Deputados e representantes de dezenas de municípios rechaçaram, mais uma vez, a implantação da tarifa única pela Companhia de Saneamento de Minas Gerais (Copasa), que, desde agosto, cobra percentuais iguais da conta de água tanto de usuários que possuem tratamento de esgoto quanto daqueles que contam só com a coleta dos resíduos. Os protestos foram a tônica da audiência pública, realizada na semana passada pela comissão de Assuntos Municipais e Regionalização da Assembleia Legislativa de Minas Gerais (ALMG).
Todos os presentes pediram a revogação da Portaria 154/21, da Agência Reguladora de Serviços de Abastecimento de Água e de Esgotamento Sanitário do Estado de Minas Gerais (Arsae-MG), que autorizou as novas tarifas.
Desde 2017, a Copasa aplicava três tipos de tarifas: uma para quem conta apenas com o serviço de água; uma para aqueles que são atendidos também por coleta de esgoto; e outra para os que têm acesso ainda ao tratamento do resíduo.
O valor praticado também era diferenciado para a cobrança do esgotamento sanitário.
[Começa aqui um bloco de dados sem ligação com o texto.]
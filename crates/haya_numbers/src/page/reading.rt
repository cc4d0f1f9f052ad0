//! Reads pages.
ghost use Rattle.std.specs.Prelude.{◌≡◌, ◌∷◌};
ghost use Rattle.std.specs.Str.{chars};
ghost use Rattle.haya_numbers.specs.Cuts.{dash_split, escaped_split};
ghost use Rattle.haya_numbers.specs.Numeric.{numeric_view};
ghost use Rattle.haya_numbers.specs.Pages.{part_view, parts, EscapedRange, Range};
ghost use Rattle.haya_numbers.specs.PagesReading.{both_read, cut_read, half_read, halves_read};
ghost use Rattle.haya_numbers.specs.PagesReading.{inner_read, part_read, pages_read, Reads};

use super::cuts::{split_dash, split_escaped};
use super::split_pages;
use crate::{Numeric, PageRanges, PageRangesPart, PageRangesPartErr};
use haya_text::ReadText;
use std::alloc::{AllocError, Global};

impl ReadText for PageRangesPart {
    type Fault = PageRangesPartErr;

    ghost use Rattle.std.specs.Prelude.{◌≡◌, ◌≢◌, false, None, Some, Ok, Err, IfOk, IfErr};
    ghost use Rattle.std.specs.Result.{result_ok};
    ghost use Rattle.std.specs.Str.{chars};
    ghost use Rattle.haya_numbers.specs.Pages.{PartView, part_view, is_part_memory};
    ghost use Rattle.haya_numbers.specs.PagesReading.{part_read, IsFaultIn};
    ghost use Rattle.haya_numbers.specs.declared.numeric.NumericError.TheVariants as number;
    ghost use Rattle.haya_numbers.specs.declared.page.PageRangesPartErr.TheVariants as fault;

    ghost Value = { PartView };

    ghost value = { part_view };

    ghost reads = { λ text. result_ok (part_read (chars text)) };

    /// A separator, a page, or a range with a hyphen, an en dash or an escaped hyphen. A fault
    /// other than out of memory is the one that the text has: `Empty` is nothing but white space,
    /// `NumericErr` is the first half that is no number, `Malformed` is a third
    /// half behind two numbers.
    fn from_str(alloc: Global, text: &str) -> Result<PageRangesPart, PageRangesPartErr>
        ensures ok { IfOk result (λ v. result_ok (part_read (chars text.now))
            ≡ Some (part_view v)) }
        ensures fault { IfErr result (λ e. is_part_memory e ≡ false →
            result_ok (part_read (chars text.now)) ≡ None) }
        ensures value { IfOk result (λ v. part_read (chars text.now) ≡ Ok (part_view v)) }
        ensures exact { IfErr result (IsFaultIn (part_read (chars text.now))) }
        ensures never { result ≢ Err (fault.NumericErr number.OutOfMemory) }
    {
        read_part(alloc, text)
    }
}

impl ReadText for PageRanges {
    type Fault = PageRangesPartErr;

    ghost use Rattle.std.specs.Prelude.{◌≡◌, ◌≢◌, List, false, None, Some, Ok, Err, IfOk, IfErr};
    ghost use Rattle.std.specs.Result.{result_ok};
    ghost use Rattle.std.specs.Str.{chars};
    ghost use Rattle.haya_numbers.specs.Pages.{PartView, parts, is_part_memory};
    ghost use Rattle.haya_numbers.specs.PagesReading.{pages_read, IsFaultIn};
    ghost use Rattle.haya_numbers.specs.declared.numeric.NumericError.TheVariants as number;
    ghost use Rattle.haya_numbers.specs.declared.page.PageRangesPartErr.TheVariants as fault;

    ghost Value = { List PartView };

    ghost value = { parts };

    ghost reads = { λ text. result_ok (pages_read (chars text)) };

    /// A part for each piece of the text, in order. A fault other than out of memory is that of the
    /// first piece that has one.
    fn from_str(alloc: Global, text: &str) -> Result<PageRanges, PageRangesPartErr>
        ensures ok { IfOk result (λ v. result_ok (pages_read (chars text.now)) ≡ Some (parts v)) }
        ensures fault { IfErr result (λ e. is_part_memory e ≡ false →
            result_ok (pages_read (chars text.now)) ≡ None) }
        ensures value { IfOk result (λ v. pages_read (chars text.now) ≡ Ok (parts v)) }
        ensures exact { IfErr result (IsFaultIn (pages_read (chars text.now))) }
        ensures never { result ≢ Err (fault.NumericErr number.OutOfMemory) }
    {
        read_pieces(alloc, text)
    }
}

// Reads piece by piece.
fn read_pieces(alloc: Global, text: &str) -> Result<PageRanges, PageRangesPartErr>
    ensures { Reads parts (pages_read (chars text.now)) result }
{
    let mut ranges = Vec::with_capacity(alloc, 1)?;
    'pieces: for piece in split_pages(text) {
        let part = read_part(alloc, piece)?;
        make_room(&mut ranges)?;
        ranges.push(part)?;
    }
    ranges.shrink_to_fit();
    Ok(PageRanges { ranges })
}

// Room for a part more, and where there is none yet, for half as many parts again: doubled room
// would take more than the parts themselves. Most texts have one part, and most others three: two
// and what separates them.
fn make_room(ranges: &mut Vec<PageRangesPart>) -> Result<(), AllocError>
    ensures { ranges.new.items ≡ ranges.old.items }
{
    let count = ranges.len();
    if count == ranges.capacity() {
        ranges.reserve_exact(count / 2 + 2)?;
    }
    Ok(())
}

// Reads a part.
fn read_part(alloc: Global, text: &str) -> Result<PageRangesPart, PageRangesPartErr>
    ensures { Reads part_view (part_read (chars text.now)) result }
{
    read_inner(alloc, text.trim())
}

// Reads a part that has no white space at its ends.
fn read_inner(alloc: Global, text: &str) -> Result<PageRangesPart, PageRangesPartErr>
    ensures { Reads part_view (inner_read (chars text.now)) result }
{
    match text {
        "" => Err(PageRangesPartErr::Empty),
        "&" => Ok(PageRangesPart::Ampersand),
        "," => Ok(PageRangesPart::Comma),
        _ => read_cut(alloc, text),
    }
}

// Reads a page or a range.
fn read_cut(alloc: Global, text: &str) -> Result<PageRangesPart, PageRangesPartErr>
    ensures { Reads part_view (cut_read (chars text.now)) result }
{
    if let Some((start, behind)) = split_escaped(text) {
        return read_escaped(alloc, start, behind);
    }
    if let Some((start, behind)) = split_dash(text) {
        return read_dashed(alloc, start, behind);
    }
    Ok(PageRangesPart::SinglePage(read_half(alloc, text)?))
}

// Reads a range, where `behind` is what follows its first escaped hyphen.
fn read_escaped(
    alloc: Global,
    start: &str,
    behind: &str,
) -> Result<PageRangesPart, PageRangesPartErr>
    ensures { let halves = chars start.now ∷ escaped_split (chars behind.now) in
        Reads part_view (halves_read EscapedRange halves) result }
{
    if let Some((end, _)) = split_escaped(behind) {
        read_both(alloc, start, end)?;
        return Err(PageRangesPartErr::Malformed);
    }
    let (start, end) = read_both(alloc, start, behind)?;
    Ok(PageRangesPart::EscapedRange(start, end))
}

// Reads a range, where `behind` is what follows its first dash.
fn read_dashed(
    alloc: Global,
    start: &str,
    behind: &str,
) -> Result<PageRangesPart, PageRangesPartErr>
    ensures { let halves = chars start.now ∷ dash_split (chars behind.now) in
        Reads part_view (halves_read Range halves) result }
{
    if let Some((end, _)) = split_dash(behind) {
        read_both(alloc, start, end)?;
        return Err(PageRangesPartErr::Malformed);
    }
    let (start, end) = read_both(alloc, start, behind)?;
    Ok(PageRangesPart::Range(start, end))
}

// Reads the two halves of a range.
fn read_both(alloc: Global, start: &str, end: &str) -> Result<(Numeric, Numeric), PageRangesPartErr>
    ensures { let both = both_read (chars start.now) (chars end.now) in
        Reads (λ p. (numeric_view p.0, numeric_view p.1)) both result }
{
    let start = read_half(alloc, start)?;
    let end = read_half(alloc, end)?;
    Ok((start, end))
}

// Reads the number that a half of a range, or a whole page, is.
fn read_half(alloc: Global, half: &str) -> Result<Numeric, PageRangesPartErr>
    ensures { Reads numeric_view (half_read (chars half.now)) result }
{
    Ok(Numeric::from_str(alloc, half.trim())?)
}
Para quem contava apenas com a coleta, a empresa aplicava 25% do valor da água para pagar pelo serviço, enquanto aqueles que tinham o serviço completo de coleta e tratamento pagavam 100% do valor da tarifa de água.
DIVINÓPOLIS
A nova portaria do Arsae estipulou a tarifa única de 74% sobre o valor da água para os dois tipos de usuários, mesmo para aqueles que não possuem o tratamento de esgoto. É o caso de Divinópolis, onde a Copasa está atrasada com o contrato das obras de coleta e tratamento do esgoto e mais de 50% da população, que não tem acesso ao serviço, paga a mesma tarifa cobrada de uma parcela dos moradores, que já contam com o serviço completo.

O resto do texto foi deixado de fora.